I?m a postdoctoral research scholar working on the effect of
precipitation on the food web of a grassland semi-arid ecosystem in
California.

I am analyzing my dataset with version 1.1-7 of the lme4 package with
version 3.2.0 of R.
I encountered an issue while running a glmer model that includes
random effects from a categorical variable (?year?, 2010 and 2011) on
the slope of four explanatory variables.
Precisely, the estimated slope coefficients for 1 out of 4 explanatory
variables are identical in the two years.
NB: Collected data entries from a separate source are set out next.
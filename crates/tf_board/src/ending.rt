//! How a command on a board ends: by what it says last.
ghost use Rattle.std.specs.Prelude.{◌≡◌, ◌≢◌, ◌⊎◌, ℕ, List, IfOk, IsErr};
ghost use Rattle.tf_desk.specs.State.{told_as, Says};
ghost use Rattle.tf_journal.specs.declared.faults.LoadFault.{LoadFault as ALoadFault};
ghost use Rattle.tf_board.specs.Board.{IsUnopened};
ghost use Rattle.tf_board.specs.Does.{Reached, Ends, EndsUnmade, EndsUnopened, Concludes};
ghost use Rattle.tf_board.specs.declared.commands.Command.{Command};
ghost use Rattle.tf_report.specs.Closing.{ClosesWith};
ghost use Rattle.tf_report.specs.declared.statuses.TheConstants.{UNHIRED, UNREAD};

use crate::messages::not_a_book_text;
use std::alloc::Global;
use tf_desk::Desk;
use tf_journal::LoadFault;
use tf_report::{DISK_FAILED, DISK_FAULT, NO_BOOK, OUT_OF_MEMORY, UNSAID, close};
use tf_values::Memory;

/// Says a message, with which the command is over, and answers the desk and the status: the one that belongs to the
/// message, or that of a failed output.
pub fn end_with<K: Desk>(mut desk: K, message: &[u8], status: u8) -> (K, u8)
    requires apart { status ≢ UNSAID }
    ensures closes { ClosesWith (K.state desk).shown message.now status (K.state result.0).shown result.1 }
    ensures says { Says message.now (K.state desk) (K.state result.0) }
    ensures reached { (name : List ℕ) (past pending after : List Command) (entry seen : K)
        → Reached name past pending after (told_as (K.state seen) (K.state entry)) (K.state desk)
        → Ends name past pending after (told_as (K.state seen) (K.state entry)) (K.state result.0)
        message.now status result.1 }
    ensures unopened { (name : List ℕ) (fault : ALoadFault) (entry seen : K)
        → IsUnopened name fault (told_as (K.state seen) (K.state entry)) (K.state desk)
        → EndsUnmade name (told_as (K.state seen) (K.state entry)) (K.state result.0) message.now status result.1 }
    ensures concludes { Concludes (K.state desk) (K.state result.0) result.1 }
    ensures status { result.1 ≢ UNSAID → result.1 ≡ status }
{
    let status = close(message, status, &mut desk);
    (desk, status)
}

/// Says a text, with which the command is over, unless memory ran out for it: then nothing is said.
pub fn end_with_text<K: Desk>(desk: K, text: Result<Vec<u8>, Memory>, status: u8) -> (K, u8)
    requires apart { status ≢ UNSAID }
    ensures reached { (message : List ℕ) → IfOk text (λ t. t.items ≡ message)
        → (name : List ℕ) (past pending after : List Command) (entry seen : K)
        → Reached name past pending after (told_as (K.state seen) (K.state entry)) (K.state desk)
        → Ends name past pending after (told_as (K.state seen) (K.state entry)) (K.state result.0)
        message status result.1 }
    ensures unopened { (message : List ℕ) → IfOk text (λ t. t.items ≡ message)
        → (name : List ℕ) (fault : ALoadFault) (entry seen : K)
        → IsUnopened name fault (told_as (K.state seen) (K.state entry)) (K.state desk)
        → EndsUnmade name (told_as (K.state seen) (K.state entry)) (K.state result.0) message status result.1 }
    ensures stopped { IsErr text → result.1 ≡ OUT_OF_MEMORY }
    ensures concludes { Concludes (K.state desk) (K.state result.0) result.1 }
    ensures status { result.1 ≢ UNSAID → (result.1 ≡ status) ⊎ (result.1 ≡ OUT_OF_MEMORY) }
{
    match text {
        Ok(text) => end_with(desk, &text, status),
        Err(_) => (desk, OUT_OF_MEMORY),
    }
}

/// Says why a board couldn't be opened, unless memory ran out.
pub fn end_unopened<K: Desk>(alloc: Global, desk: K, fault: LoadFault) -> (K, u8)
    requires new_format { fault ≢ LoadFault.Old }
    ensures ends { (name : List ℕ) (entry seen : K)
        → IsUnopened name fault (told_as (K.state seen) (K.state entry)) (K.state desk)
        → EndsUnopened name (told_as (K.state seen) (K.state entry)) (K.state result.0) result.1 }
    ensures concludes { Concludes (K.state desk) (K.state result.0) result.1 }
    ensures failed { result.1 ≡ DISK_FAILED → fault ≡ LoadFault.Disk }
    ensures apart { (result.1 ≢ UNREAD) × (result.1 ≢ UNHIRED) }
{
    match fault {
        LoadFault::Disk => end_with(desk, DISK_FAULT, DISK_FAILED),
        LoadFault::NotABook { offset, byte } => {
            let text = not_a_book_text(alloc, offset, byte);
            end_with_text(desk, text, NO_BOOK)
        }
        LoadFault::Memory => (desk, OUT_OF_MEMORY),
        LoadFault::Old => unreachable!(),
    }
}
However, when running a
model including only this particular explanatory variable and the same
random effect from year on slope, estimates are different for the two
years (indeed, I did check that values are different in the two years.

It also happens for other models I?m running, e.g. with that
particular explanatory variable + two new ones: this time though, the
slope coefficients are different for that particular variable but
identical for the two new ones (nb: the response variable in this
model differs from the 1st model discussed).

Is this an issue that already occurred to other lme4 users? Any idea
about what I may be doing wrong?
I suspect it may come from the syntax of my models. I had fitted my model as:
glmer(response ~ x1 + x2 + x3 + x4 +(x1|year) +(x2|year) +(x3|year)
+(x4|year), ? )
But I tried the following model:
glmer(response ~ x1 + x2 + x3 + x4 +(x1 + x2 +x3 +x4 | year), ? )
it does estimate different slope coefficients for each year.
I don?t know what meanings are associated with these two different
syntaxes though, and I would really appreciate any information or
reference anyone can give to clarify this.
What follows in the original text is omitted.